Not too long ago, I was in a gay/leather/bear bar with some friends and I had new cologne on and I asked a sexually secure female friend to smell me and some guy leaned in for a sniff too. I was wearing a nice shirt, tie, dress pants and shoes – all tucked and buckled and everything, lookin dapper as hell and I felt him give me a little peck on the neck, which I thought nothing of because the gay subculture can be vert affectionate and then…he bit me a little, so I pushed/backed away real quick and had to say, “Hey, you know I’m a chick, right?” He laughed and said, “Honey, if you wear one, I’d take it!” We all laughed and I was flattered, but nothing happened in my pants. The odd part is, if I were a male, I would probably be bisexual. I wish I were able to detach sex and love, but as female there is no sex without love and commitment and a whole mess of feelings. I personally (and this is just for me alone and everyone else has their own right to feel however they want without judgement), but I would not feel comfortable being with another dude, unless I were a dude myself. I just don’t understand why a woman would want to be with a man, probably just the same as straight people wonder why the hell two women would want to be together and how would that work without them gouging each others’ eyes out. I don’t think I have ever met “a real man”. To me, a real man can swallow his pride, be completely faithful and monogamous, take flattery and still keep it in his pants…someone who is chivalrous and emotionally supportive and unafraid to have and show his feelings. To be a real man is what I strive to be in my relationship. Unfortunately, when you get sick and lose your job, it’s like being neutered.

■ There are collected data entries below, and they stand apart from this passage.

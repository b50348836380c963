//! The random number generator of the Stanford GraphBase (`gb_flip`), forward and backward.
#![tactic(auto)]

mod cycle;
mod flip;
mod laws;
mod seeding;

pub use flip::{Drawn, Flip};
pub use laws::{draws_law, seeding_law, sequence_law, uniform_law};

So…how much more confusing have I made this for all a ya’ll? :)

deliasdancemom's avatar

As in intrsts I should probably clarify, my interests are mainly political and the highest of which are gay rights/equality….something I like to discuss often and at length which frankly bores my straight friends, so to lump gays into a catagory that they are interested in gay rights and activism is for the most part true…it is a lot easier for me to sit down with a group of gat friends and discuss the political and social need for gay rights activism than with straight friends, I probably should have clarified that in my first post but neglected to do so as I was lacking sleep

bkcunningham's avatar

@spykenij to be honest, you lost me at “I am transgendered, living as a lesbian – meaning, I am female outside, but I don’t identify as female inside),... The odd part is, if I were a male, I would probably be bisexual.” Honestly, no offense, but my head is spinning keeping up with that, and I am sincerely trying.

spykenij's avatar

@bkcunningham Believe me, I know it is confusing. I think if I were physically male, I would be much more comfortable in my own body enough to sleep with a dude and assuming I would be less emotionally attached sexually as most guys are or whatever it is that allows you to be able to have multiple partners without the feeling bad about it or guilt. Seriously, ask away if you don’t get it. I’m glad to try to explain.

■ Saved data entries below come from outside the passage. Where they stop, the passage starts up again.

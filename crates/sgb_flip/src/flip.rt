ghost use Rattle.std.specs.Prelude.{◌≡◌, ◌<◌, ◌≤◌, ◌^◌, ◌↔◌, IsSome, IfSome, IsTrue, length};
ghost use Rattle.sgb_flip.specs.Generator.{AreSmall, Generator, IsGenerator, IsUniform, after, drawn, seeded, uniform};

use crate::cycle::{cycle, cycle_by, uncycle, uncycle_by};
use crate::seeding::{fill, number_of};
use std::marker::Model;

/// A generator of numbers below 2^31: 55 words, of which at most 54 are unread.
///
/// Contracts see it as a `Generator` of `specs/Generator.antt`, the words and the count of unread
/// ones. It is copied like a number.
#[derive(Clone, Copy, Debug, PartialEq, Eq, Drop)]
pub struct Flip {
    words: [u32; 55],
    unread: u32,
}

/// A uniform number and how many numbers were drawn for it, at most 1,814.
#[derive(Clone, Copy, Debug, PartialEq, Eq, Drop)]
pub struct Drawn {
    /// The number, below the bound that was asked for.
    pub value: u32,
    /// How many draws it took, the last of them accepted.
    pub draws: u32,
}

impl Model for Flip {
    ghost use Rattle.sgb_flip.specs.Generator.{Generator, IsGenerator};

    ghost Value = { Generator };

    ghost view = { λ f. record { words = f.words; unread = f.unread } };

    ghost invariant = { λ f. IsGenerator (record { words = f.words; unread = f.unread }) };

    ghost inverse = { λ w. record { words = w.words; unread = w.unread } };
}

impl Flip {
    /// The generator of a seed, which counts modulo 2^31 (`gb_init_rand`).
    pub fn new(seed: i64) -> Flip
        ensures seeded { result ≡ seeded seed }
        ensures generator { IsGenerator result }
    {
        let mut words = [0u32; 55];
        fill(&mut words, number_of(seed));
        cycle_by(&mut words, 5);
        Flip { words, unread: 54 }
    }

    /// The generator with these very words, each below 2^31, of which `unread`, at most 54, are
    /// unread; `None` where a word or the count is larger.
    pub fn from_words(words: [u32; 55], unread: u32) -> Option<Flip>
        ensures some { IfSome result (λ flip. flip ≡ record { words = words; unread = unread }) }
        ensures when { IsSome result ↔ IsGenerator (record { words = words; unread = unread }) }
    {
        if unread < 55 && are_small(&words) {
            Some(Flip { words, unread })
        } else {
            None
        }
    }

    /// The 55 words, each below 2^31.
    pub fn words(&self) -> [u32; 55]
        ensures value { result ≡ self.now.words }
        ensures generator { IsGenerator self.now }
    {
        let Flip { words, .. } = self;
        *words
    }

    /// How many words are unread, at most 54. They are drawn from the last of them down to the first.
    pub fn unread(&self) -> u32
        ensures value { result ≡ self.now.unread }
        ensures generator { IsGenerator self.now }
    {
        let Flip { unread, .. } = self;
        *unread
    }

    /// Draws one number below 2^31 (`gb_next_rand`).
    #[inline]
    pub fn next(&mut self) -> u32
        ensures number { result ≡ drawn self.old 0 }
        ensures rest { self.new ≡ after self.old 1 }
        ensures generator { IsGenerator self.new }
        ensures small { result < 2 ^ 31 }
    {
        if self.unread == 0 {
            cycle(&mut self.words);
            self.unread = 55;
        }
        self.unread -= 1;
        self.words[self.unread as usize]
    }

    /// Takes one draw back: goes to the one state from which a draw leads here. It is there for every
    /// state, also before the seeding.
    #[inline]
    pub fn back(&mut self)
        ensures before { after self.new 1 ≡ self.old }
        ensures generator { IsGenerator self.new }
        ensures only { (v : Generator) → IsGenerator v → after v 1 ≡ self.old → v ≡ self.new }
    {
        if self.unread == 54 {
            uncycle(&mut self.words);
            self.unread = 0;
        } else {
            self.unread += 1;
        }
    }

    /// Takes `n` draws back: goes to the one state from which `n` draws lead here. Whole batches of 55
    /// draws are turned back at once.
    pub fn back_by(&mut self, n: u64)
        ensures before { after self.new n ≡ self.old }
        ensures generator { IsGenerator self.new }
        ensures only { (v : Generator) → IsGenerator v → after v n ≡ self.old → v ≡ self.new }
    {
        let part = self.unread + (n % 55) as u32;
        let batches = n / 55 + (part / 55) as u64;
        uncycle_by(&mut self.words, batches);
        self.unread = part % 55;
    }

    /// Draws a uniform number below `m`, from 1 to 2^31 (`gb_unif_rand`): the first number drawn that is
    /// below the greatest multiple of `m` up to 2^31, modulo `m`. That takes at most 1,814 draws from
    /// every state, and it never gives up.
    pub fn uniform(&mut self, m: u32) -> Drawn
        requires positive { 1 ≤ m }
        requires small { m ≤ 2 ^ 31 }
        ensures relation { IsUniform self.old m result.value result.draws self.new }
        ensures value { result.value ≡ (uniform self.old m).value }
        ensures draws { result.draws ≡ (uniform self.old m).draws }
        ensures rest { self.new ≡ (uniform self.old m).rest }
        ensures generator { IsGenerator self.new }
        ensures below { result.value < m }
    {
        // That opens the invariant to the proof, and does nothing.
        let _ = &self.words;
        let limit = 0x8000_0000 - 0x8000_0000 % m;
        for refused in 0..1814u32 {
            let number = self.next();
            if number < limit {
                return Drawn {
                    value: number % m,
                    draws: refused + 1,
                };
            }
        }
        unreachable!()
    }
}

// Each word is below 2^31.
fn are_small(words: &[u32]) -> bool
    ensures { IsTrue result ↔ AreSmall words.now }
{
    words.iter().all(|word| *word < 0x8000_0000)
}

Simone_De_Beauvoir's avatar

@bkcunningham :) – makes sense to me.

Fyrius's avatar

Like a lot of people, I never had to struggle with my heterosexual feelings. I fell in love with a few girls, and since nobody had ever told me that was abnormal, it was all cool. I suppose gay people in, say, ancient Greece would have had just as little trouble accepting their sexuality. They would’ve been given no reason to consider it a big deal.

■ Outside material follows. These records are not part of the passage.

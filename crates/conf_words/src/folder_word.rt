// A folder in a line of words that a shell is to run.
use crate::escapes::is_hidden;
use std::fmt;
use std::fmt::{Display, Formatter};

/// A folder as the program's words name it in a shell: as it is, or in single quotes where a shell would read it
/// otherwise, and after `--` if it begins with `-`. In place of a folder that can't be shown as it is stands `FOLDER`.
#[derive(Clone, Copy)]
pub struct FolderWord<'f>(pub &'f str);

impl Display for FolderWord<'_> {
    fn fmt<W: fmt::Write>(&self, f: &mut Formatter<W>) -> fmt::Result {
        let folder = self.0;
        if folder.chars().any(is_hidden) {
            return f.write_str("FOLDER");
        }
        if folder.starts_with('-') {
            f.write_str("-- ")?;
        }
        if !folder.is_empty() && folder.bytes().all(is_plain) {
            return f.write_str(folder);
        }
        f.write_str("'")?;
        for c in folder.chars() {
            match c {
                '\'' => f.write_str("'\\''")?,
                _ => f.write_char(c)?,
            }
        }
        f.write_str("'")
    }
}

/// Whether every shell takes the character as it is, wherever it stands in a word.
fn is_plain(byte: u8) -> bool {
    byte.is_ascii_alphanumeric() || matches!(byte, b'/' | b'.' | b'_' | b'-' | b'+' | b',' | b'@')
}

I have been a sort of “closet” straight person for most of my childhood, being bizarrely shy about girls and love. I imagine it’s probably just about as awkward as actually being in the closet.
I’m also pretty sure the fact that I never talked about how much I wanted to bone hot wenches made some people’s gaydars give false positives.

absalom's avatar

@Fyrius

That’s funny. I give false negatives, which is frustrating when I’m too scared to exit the closet because that combo amounts to 0 romance.

I imagine it’s probably just about as awkward as actually being in the closet.

I don’t doubt that you might be incredibly awkward around girls (which ‘resonates’ with me), but I do doubt this statement a bit.